Inédit. « Affaire des écoutes » : de la prison ferme requise pour Sarkozy

Mardi 8 décembre, des peines de 4 ans de prison, dont 2 fermes ont été requises contre Nicolas Sarkozy, son avocat Thierry Herzog et le haut magistrat Gilbert Azibert dans le procès de l’affaire « des écoutes », ou dite « Paul Bismuth ». Dans l’histoire judiciaire française, la condamnation d’un ancien chef d’État pour corruption est inédite.

mercredi 9 décembre 2020

Crédits : Marie William / AFP

C’est devant la 32ème chambre correctionnelle de Paris, ce mardi 8 décembre à 19h, les peines de 4 ans de prison, dont 2 fermes, ont été requises pour Nicolas Sarkozy, l’ancien président de la République, pour des faits de « corruption » et de « trafic d’influence » - délits passibles de 10 ans de prison.
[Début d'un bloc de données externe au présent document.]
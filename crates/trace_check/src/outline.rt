// The outline of a report.
ghost use Rattle.std.specs.Prelude.{◌≡◌, not, true};
ghost use Rattle.plain_disk.specs.Honest.{is_honest};
ghost use Rattle.checked_rules.specs.Lines.{is_begin, shows_moves, is_end, is_move};
ghost use Rattle.trace_check.specs.Outline.{no_lines, outlined, allows_order};

use schedule_text::{Detail, Line};
use std::marker::Model;

/// Whether the report has begun and ended, whether it shows moves, and whether a hostile line came.
#[derive(Drop)]
pub struct Outline {
    begun: bool,
    shown: bool,
    hostile: bool,
    ended: bool,
}

impl Model for Outline {
    ghost use Rattle.trace_check.specs.Outline.{Outline};

    ghost Value = { Outline };

    ghost view = { λ o. record { begun = o.begun; shown = o.shown; hostile = o.hostile; ended = o.ended } };
}

fn is_begin(line: &Line) -> bool
    ensures { result ≡ is_begin line.now }
{
    matches!(line, Line::Begin { .. })
}

// Whether `begin` says that moves are shown.
fn shows_moves(line: &Line) -> bool
    ensures { result ≡ shows_moves line.now }
{
    match line {
        Line::Begin { detail, .. } => matches!(detail, Detail::Moves),
        _ => false,
    }
}

fn is_end(line: &Line) -> bool
    ensures { result ≡ is_end line.now }
{
    matches!(line, Line::End)
}

fn is_move(line: &Line) -> bool
    ensures { result ≡ is_move line.now }
{
    matches!(line, Line::Move(_))
}

// Whether a word of memory or a key was overwritten from outside.
fn is_hostile(line: &Line) -> bool
    ensures { result ≡ not (is_honest line.now) }
{
    matches!(line, Line::Poke { .. } | Line::Key { .. })
}

impl Outline {
    /// Before the first line.
    pub fn new() -> Outline
        ensures { result ≡ no_lines }
    {
        Outline {
            begun: false,
            shown: false,
            hostile: false,
            ended: false,
        }
    }

    /// One line further on.
    pub fn see(&mut self, line: &Line)
        ensures { self.new ≡ outlined self.old line.now }
    {
        self.begun = true;
        self.shown = self.shows_after(line);
        self.hostile = self.is_hostile_after(line);
        self.ended = self.ended || is_end(line);
    }

    /// One line further on, which is a move.
    pub fn see_move(&mut self)
        ensures { self.new ≡ record self.old { begun = true } }
    {
        self.begun = true;
    }

    /// Whether moves are shown in the lines before.
    pub fn is_shown(&self) -> bool
        ensures { result ≡ self.now.shown }
    {
        self.shown
    }

    /// Whether moves are shown, by the lines before and this one.
    pub fn shows_after(&self, line: &Line) -> bool
        ensures { result ≡ (outlined self.now line.now).shown }
    {
        self.shown || shows_moves(line)
    }

    /// Whether a hostile line came, this one included.
    pub fn is_hostile_after(&self, line: &Line) -> bool
        ensures { result ≡ (outlined self.now line.now).hostile }
    {
        self.hostile || is_hostile(line)
    }

    /// Whether `end` came.
    pub fn has_ended(&self) -> bool
        ensures { result ≡ self.now.ended }
    {
        self.ended
    }

    /// Whether the line may come next.
    pub fn allows(&self, line: &Line) -> bool
        ensures { result ≡ allows_order self.now line.now }
    {
        let begins = if self.begun {
            !is_begin(line)
        } else {
            is_begin(line)
        };
        begins && !self.ended && (!is_move(line) || self.shown)
    }
}
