// What a checker keeps of a report, and what it says of the next line.
ghost use Rattle.std.specs.Prelude.{◌≡◌, IfOk, None};
ghost use Rattle.trace_check.specs.Outline.{outlined};
ghost use Rattle.trace_check.specs.Trace.{start, moved, moves_after, requests_after, seen, allows_touch, broken_request, broken_before, broken_move, broken_while_honest, broken_where_shown, broken_by};

use crate::outline::Outline;
use blk_base::{BackMover, Move, OutOfMemory};
use checked_rules::Rule;
use job_check::JobSight;
use memory_check::Memory;
use request_check::RequestCheck;
use ring_check::RingSight;
use schedule_text::Line;
use std::alloc::Global;
use std::marker::Model;

/// What a checker keeps of the lines of a report: what is open, and no line.
#[derive(Drop)]
pub struct Trace {
    outline: Outline,
    requests: RequestCheck,
    memory: Memory,
    ring: RingSight,
    jobs: JobSight,
}

impl Model for Trace {
    ghost use Rattle.trace_check.specs.Trace.{Trace};

    ghost Value = { Trace };

    ghost view = { λ t. record {
      outline = t.outline;
      requests = t.requests;
      memory = t.memory;
      ring = t.ring;
      jobs = t.jobs;
    } };
}

// The first rule on requests that a line breaks; a move breaks none of them.
fn broken_request(requests: &RequestCheck, line: &Line) -> Option<Rule>
    ensures { result ≡ broken_request requests.now line.now }
{
    if let Line::Move(_) = line {
        None
    } else if !requests.allows_state(line) {
        Some(Rule::State)
    } else if !requests.allows_submit(line) {
        Some(Rule::Submit)
    } else if !requests.allows_refuse(line) {
        Some(Rule::Refuse)
    } else if !requests.allows_effect(line) {
        Some(Rule::Effect)
    } else if !requests.allows_barrier(line) {
        Some(Rule::Barrier)
    } else if !requests.allows_service(line) {
        Some(Rule::Service)
    } else if !requests.allows_reply(line) {
        Some(Rule::Reply)
    } else if !requests.allows_answer(line) {
        Some(Rule::Answer)
    } else if !requests.allows_data(line) {
        Some(Rule::Data)
    } else if !requests.allows_quiet(line) {
        Some(Rule::Quiet)
    } else {
        None
    }
}

impl Trace {
    /// Before the first line.
    pub fn new(alloc: Global) -> Trace
        ensures { result ≡ start }
    {
        Trace {
            outline: Outline::new(),
            requests: RequestCheck::new(alloc),
            memory: Memory::new(alloc),
            ring: RingSight::new(alloc),
            jobs: JobSight::new(alloc),
        }
    }

    /// Whether the last line was `end`.
    pub fn has_ended(&self) -> bool
        ensures { result ≡ self.now.outline.ended }
    {
        self.outline.has_ended()
    }

    // Whether each touch and each map in the line goes by the entries and mappings that stand.
    fn allows_touch(&self, line: &Line) -> bool
        ensures { result ≡ allows_touch self.now line.now }
    {
        self.memory.touches_a_mapping(line) && self.memory.answers_map(line)
    }

    // The first rule on moves that the line breaks, but for what the back's jobs do in it and for an
    // overrun.
    fn broken_before(&self, line: &Line) -> Option<Rule>
        ensures { result ≡ broken_before self.now line.now }
    {
        if !self.memory.shows_what_is_there(line) {
            Some(Rule::Coherent)
        } else if !self.allows_touch(line) {
            Some(Rule::Touch)
        } else if !self.ring.allows_stretch(line) {
            Some(Rule::Fetch)
        } else {
            None
        }
    }

    // The same. Of an access of the front's and of a word that a job reads less is asked: they answer
    // no map, and fetch nothing.
    #[inline(always)]
    fn broken_first(&self, line: &Line) -> Option<Rule>
        ensures { result ≡ broken_before self.now line.now }
    {
        match line {
            Line::Move(Move::FrontRead { .. }) | Line::Move(Move::FrontWrite { .. }) => {
                if self.memory.shows_what_is_there(line) {
                    None
                } else {
                    Some(Rule::Coherent)
                }
            }
            Line::Move(
                Move::Read {
                    who: BackMover::Job(_),
                    ..
                },
            ) => {
                if !self.memory.shows_what_is_there(line) {
                    Some(Rule::Coherent)
                } else if !self.memory.touches_a_mapping(line) {
                    Some(Rule::Touch)
                } else {
                    None
                }
            }
            _ => self.broken_before(line),
        }
    }

    // The first rule on moves that the line breaks. Where it breaks none, it is taken in, as far as it
    // tells of moves.
    #[tactic(auto, using(crate::proofs::Steps::move_by_steps))]
    fn take_move(&mut self, line: &Line) -> Result<Option<Rule>, OutOfMemory>
        ensures told { IfOk result (λ broken. broken ≡ broken_move self.old line.now) }
        ensures taken { IfOk result (λ broken. broken ≡ None → self.new ≡ moved self.old line.now) }
    {
        if let Some(rule) = self.broken_first(line) {
            return Ok(Some(rule));
        }
        if !self.jobs.take(&self.ring, line)? {
            return Ok(Some(Rule::Fetch));
        }
        if !self.ring.allows_overrun(line) {
            return Ok(Some(Rule::Overrun));
        }
        self.ring.see(line)?;
        self.memory.see(line)?;
        Ok(None)
    }

    // Takes in a line, as far as it tells of moves.
    fn see_moves(&mut self, line: &Line) -> Result<(), OutOfMemory>
        ensures { IfOk result (λ _. self.new ≡ moved self.old line.now) }
    {
        self.jobs.see(&self.ring, line)?;
        self.ring.see(line)?;
        self.memory.see(line)?;
        Ok(())
    }

    // The first rule on moves that the line breaks, where moves are shown before it. Where it breaks
    // none, it is taken in, as far as it tells of moves.
    fn take_shown(&mut self, line: &Line) -> Result<Option<Rule>, OutOfMemory>
        ensures told { IfOk result (λ broken. broken ≡ broken_where_shown self.old line.now) }
        ensures taken { IfOk result (λ broken. broken ≡ None → self.new ≡ moves_after self.old line.now) }
    {
        if self.outline.is_shown() {
            return self.take_move(line);
        }
        if self.outline.shows_after(line) {
            self.see_moves(line)?;
        }
        Ok(None)
    }

    // The first rule on requests that the line breaks, up to the first hostile line.
    fn broken_while_honest(&self, line: &Line) -> Option<Rule>
        ensures { result ≡ broken_while_honest self.now line.now }
    {
        if self.outline.is_hostile_after(line) {
            None
        } else {
            broken_request(&self.requests, line)
        }
    }

    // Takes in a line, as far as it doesn't tell of moves. A move tells nothing of requests.
    fn see_rest(&mut self, line: &Line) -> Result<(), OutOfMemory>
        ensures { IfOk result (λ _. self.new ≡ record self.old { outline = outlined self.old.outline line.now; requests = requests_after self.old line.now }) }
    {
        if let Line::Move(_) = line {
            self.outline.see_move();
            return Ok(());
        }
        if !self.outline.is_hostile_after(line) {
            self.requests.see(line)?;
        }
        self.outline.see(line);
        Ok(())
    }

    /// The first rule that the line breaks where it comes next; where it breaks none, it is taken in.
    /// Else, and after want of memory, nothing more can be told of the report.
    pub fn take(&mut self, line: &Line) -> Result<Option<Rule>, OutOfMemory>
        ensures told { IfOk result (λ broken. broken ≡ broken_by self.old line.now) }
        ensures taken { IfOk result (λ broken. broken ≡ None → self.new ≡ seen self.old line.now) }
    {
        if !self.outline.allows(line) {
            return Ok(Some(Rule::Order));
        }
        match self.broken_while_honest(line) {
            Some(rule) => return Ok(Some(rule)),
            None => {}
        }
        if let Some(rule) = self.take_shown(line)? {
            return Ok(Some(rule));
        }
        self.see_rest(line)?;
        Ok(None)
    }
}
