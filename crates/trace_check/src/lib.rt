//! The checker of reports: it reads the lines of a report from a source, one by one, and finds the
//! first line that breaks a rule of the protocol (`io/ring.h`, `io/blkif.h`, `io/xenbus.h`,
//! `grant_table.h`), and the first rule that it breaks. It keeps what is open, and no line. Whoever
//! wants to hold an implementation against the rules stands on it.
#![tactic(auto)]

mod finding;
mod outline;
mod text;
mod trace;

pub use finding::{CheckStop, Finding, check};
pub use text::write_finding;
La même peine a été retenue contre l’ancien haut magistrat, Gilbert Azibert, ainsi que pour l’avocat de l’ex-chef d’État, Thierry Herzog, qui lui écope en plus d’une interdiction d’exercer pendant 5 ans. Le procès « Paul Bismuth », le premier pour l’ex-président de la République, qui a commencé le 23 novembre, est historique dans l’histoire judiciaire française, puisque c’est la première fois qu’un ancien chef d’État est jugé pour faits de « corruption ».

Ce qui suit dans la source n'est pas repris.